School district in Marietta, Georgia, United States

The Cobb County School District (CCSD) is the school district which operates public schools in Cobb County, Georgia, United States. The school district includes all of Cobb County except for the Marietta City Schools, though a number of schools in unincorporated parts of the county have Marietta addresses. It is the second-largest school system in Georgia (behind only Gwinnett County Public Schools) and 23rd largest in the United States. The district is the county's largest employer and one of the largest in the US (at least in school systems). All Cobb County schools are accredited by Cognia (education), and the district is among the first to have earned district-wide accreditation. The superintendent of the school district is Chris Ragsdale.

==Board of education==
As a body created under provisions of the Georgia's constitution, the Cobb County Board of Education has full authority to control and manage the public schools within the county, excluding any independent school system. This means that like other school systems in the state, it is directly under the Georgia Department of Education and not subject to city or county government control. This also means that it has separate funding through its own property tax (except on senior citizens) outside of Marietta city limits, and 1% county-wide sales tax which it splits with Marietta City Schools based on which jurisdiction it was collected in.

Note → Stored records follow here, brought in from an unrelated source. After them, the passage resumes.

ghost use Rattle.std.specs.Prelude.{◌≡◌, true, length, is_some, IsOk, IfOk, OnOk, OnErr};
ghost use Rattle.std.specs.FinMap as map;
ghost use Rattle.object.specs.Results.{Becomes, AddsAtEnd};
ghost use Rattle.ballot.specs.Ballots.{is_promise};
ghost use Rattle.ballot.specs.Members.{is_member};
ghost use Rattle.leader.specs.Leaders.{says_again};
ghost use Rattle.slot_log.specs.Proposals.{next_proposal};
ghost use Rattle.slot_log.specs.Decisions.{next_decided, undecided};
ghost use Rattle.node.specs.Nodes.{members_of, number_of, new_node};
ghost use Rattle.node.specs.Deeds.{own_turn, outcome_of, IsAble, ComesToNothing};
ghost use Rattle.node.specs.Receiving.{IsFit, SaysNothingNew, ShowsReceived};

use crate::deed::{Deed, Outcome};
use crate::lean_node::{LeanNode, Letters};
use ballot::{Ballot, LetterBody, Members, Slot, ballot_laws};
use object::{Answer, Command, Object, filter_remembers};
use slot_log::SlotLog;
use std::alloc::{AllocError, Global};
use std::marker::Model;

/// A node that forgets nothing: its object has obeyed all that its replica knows to be performed. So what it answers can
/// be told from its slots alone.
#[derive(Drop)]
pub struct Node<O: Object> {
    lean: LeanNode<O>,
}

impl<O: Object> Model for Node<O> {
    ghost use Rattle.std.specs.Coded.{codes};
    ghost use Rattle.object.specs.OnceOnly.{latest_code};
    ghost use Rattle.ballot.specs.Slots.{slots_code};
    ghost use Rattle.node.specs.Nodes.{NodeState};
    ghost use Rattle.node.specs.Kept.{ObeysBook};
    ghost use Rattle.object.specs.declared.command.Command.{Command};

    ghost Value = { NodeState (Command O.Op) };

    ghost coded = { Prim.hlevel (codes, slots_code, latest_code, O.code, O.Op.code) };

    ghost view = { λ n. n.lean.state };

    ghost invariant = { λ n. ObeysBook O.rules n.lean.object n.lean.state.replica };
}

impl<O: Object> Node<O> {
    /// Node `number` of these members, to which nothing happened yet.
    pub fn new(alloc: Global, members: Members, number: u8) -> Result<Node<O>, AllocError>
        requires { is_member members number ≡ true }
        ensures { IfOk result (λ node. node ≡ new_node members number) }
    {
        Ok(Node {
            lean: LeanNode::new(alloc, members, number)?,
        })
    }

    /// The same node once more. Its object obeys again what its replica performed.
    pub fn copy(&self) -> Result<Node<O>, AllocError>
        ensures { IfOk result (λ copy. copy ≡ self.now) }
    {
        Ok(Node {
            lean: self.lean.copy_obeying()?,
        })
    }

    /// The members that it knows.
    pub fn members(&self) -> Members
        ensures members { result ≡ members_of self.now }
        ensures own { is_member result (number_of self.now) ≡ true }
    {
        self.lean.members()
    }

    /// Its own number among them.
    pub fn number(&self) -> u8
        ensures { result ≡ number_of self.now }
    {
        self.lean.number()
    }

    /// Whether its leader is active.
    pub fn is_active(&self) -> bool
        ensures { result ≡ self.now.leader.active }
    {
        self.lean.is_active()
    }

    /// How many things its leader waits for.
    pub fn awaited_count(&self) -> usize
        ensures { result ≡ length (says_again self.now.leader) }
    {
        self.lean.awaited_count()
    }

    /// Whether its leader has a proposal for the slot.
    pub fn has_proposal(&self, slot: Slot) -> bool
        ensures { result ≡ map.contains_key self.now.leader.proposals slot }
    {
        self.lean.has_proposal(slot)
    }

    /// The slots of its replica.
    pub fn slots(&self) -> &SlotLog<Command<O::Op>>
        ensures { result.now ≡ self.now.replica }
    {
        self.lean.slots()
    }

    /// The least slot that its replica proposed a command for without a known decision. It takes no memory.
    pub fn undecided(&self) -> Option<Slot>
        ensures { result ≡ undecided self.now.replica }
    {
        self.lean.undecided()
    }

    /// Whether its replica has a request that it can propose. It takes no memory.
    pub fn can_propose(&self) -> bool
        ensures { result ≡ is_some (next_proposal self.now.replica) }
    {
        self.lean.can_propose()
    }

    /// Whether its replica knows the decision that it performs next. It takes no memory.
    pub fn can_perform(&self) -> bool
        ensures { result ≡ is_some (next_decided self.now.replica) }
    {
        self.lean.can_perform()
    }

    /// Whether its acceptor has promised this ballot, and no higher one.
    pub fn has_promised(&self, ballot: Ballot) -> bool
        ensures { result ≡ is_promise self.now.acceptor.promised ballot }
    {
        self.lean.has_promised(ballot)
    }

    /// Does this, and appends the letters that it sends and the answers that it gives. For want of memory it changes
    /// nothing. Where there is nothing to do it takes no memory.
    pub fn act(
        &mut self,
        deed: Deed<O::Op>,
        sent: &mut Letters<O>,
        answers: &mut Vec<Answer<O::Reply>>,
    ) -> Result<Outcome, AllocError>
        requires { IsAble self.old deed }
        ensures state { Becomes result self.old self.new (own_turn O.rules self.old deed).state }
        ensures sent { AddsAtEnd result sent.old sent.new (own_turn O.rules self.old deed).sent }
        ensures answers { AddsAtEnd result answers.old answers.new
            (own_turn O.rules self.old deed).answers }
        ensures outcome { IfOk result (λ outcome. outcome ≡ outcome_of self.old deed) }
        ensures idle { ComesToNothing O.rules self.old deed → IsOk result }
    {
        filter_remembers::<O::Op>();
        self.lean.act(deed, sent, answers)
    }

    /// Receives a body from a member, and appends what it sends. What it keeps of the body it copies. For want of memory
    /// it changes nothing. What says nothing new takes no memory.
    pub fn receive(
        &mut self,
        from: u8,
        body: &LetterBody<Command<O::Op>>,
        out: &mut Letters<O>,
    ) -> Result<(), AllocError>
        requires { IsFit self.old body.now }
        ensures ok { OnOk result
            (ShowsReceived «from» self.old body.now self.new out.old.items out.new.items) }
        ensures idle { SaysNothingNew self.old body.now → IsOk result }
        ensures err { OnErr result ((self.new ≡ self.old) × (out.new.items ≡ out.old.items)) }
    {
        ballot_laws();
        self.lean.receive(from, body, out)
    }
}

As of August 2024, the elected board members of the Cobb County Board of Education of the Cobb County School District are:

- Randy Scamihorn (Post 1, Chair)
- Becky Sayler (Post 2)
- Leroy Tre' Hutchins (Post 3)
- David Chastain (Post 4)
- David Banks (Post 5)
- Nichelle Davis (Post 6)
- Brad Wheeler (Post 7, Vice Chair)

The board gave management of fiscal year 2025 general-fund operating budget of approximately $1.8 billion to Superintendent Ragsdale for most transactions under $200,000.

== Controversies ==
In recent years, the Superintendent has been granted authority to manage most of the district outside of the board's purview or approval.

On August 16, 2024, Ragsdale banned 13 more books.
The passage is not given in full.